The title of the book, Scenes for Tourists,
foretells the unusual contents of this collection
of short stories, which both sarcastically and subtly,
reveals instances of daily life in Cuba as few tourists
actually experience when they visit the beautiful
island.
The mother who adores God, but who would give anything
for a dress; the limits of the cooking combinations
for macaroni, eggs and beans; the brief and only escape
from that limited and desperate world that marihuana
provides; the pope’s visit and its consequences
in a country that for a long time has imagined that
it is secular; the sexual encounter of two women who
soon find themselves being observed and laughed at
by the local men who believe themselves the owners
of their intimacy; the boring fun of a young generation
without resources... what is missing from the image
that theses scenes paint is Hope.
Nonetheless, what it does not lack, above all, is
reality. Its pages are soaked in reality and it soon
permeates to the reader to become solidarity with
that young generation of Cubans who, removed for the
reality of their parents, perceive their own thanks
to their high level of education, since they are able
to recognize their limitations thanks to the intellectual
progress that the same society that limits them has
provided. It is a contradiction and, in this book,
a dead end that, after having removed the characters
from their parent’s reality, makes them crash
with an extreme and painful realism that they attack
with practicality while they try to navigate the bureaucracy
and delays that limit them.
Scenes for Tourists, while it does present
a criticism to actual Cubans society, is not a cry
for what it used to be, of for what it could be. The
reality of this book bases itself on its neutrality,
in its narrative of the individual experiences of
beings who would probably be unconventional in most
societies.
When the narrator tells about her trip to Toa, she
uses the present tense, with the authority that her
interior point of view offers her for having grown
and lived in the same society she criticizes. Her
being claims her right to Be, her right to Hope.
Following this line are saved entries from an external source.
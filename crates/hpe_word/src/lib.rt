//! One codeword: the stages from a block of information bits to the symbols that carry it.
#![tactic(auto)]

#[cfg(test)]
mod tests;
mod word;

pub use word::encode_word;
Almost at the end of the last scene, the narrator
confesses: "I accommodate, I live the situation
without tragedies", which summarizes the attitude
of what seems to be, according to this book, a generation.
The book ends with the definition of a tunnel: "artificially
opened subterranean gallery"... and through the
image of the tunnel comes the idea of light, that
the reader has received through reading this book
and that the young narrator’s voice will undoubtedly
end up finding within her own humanity.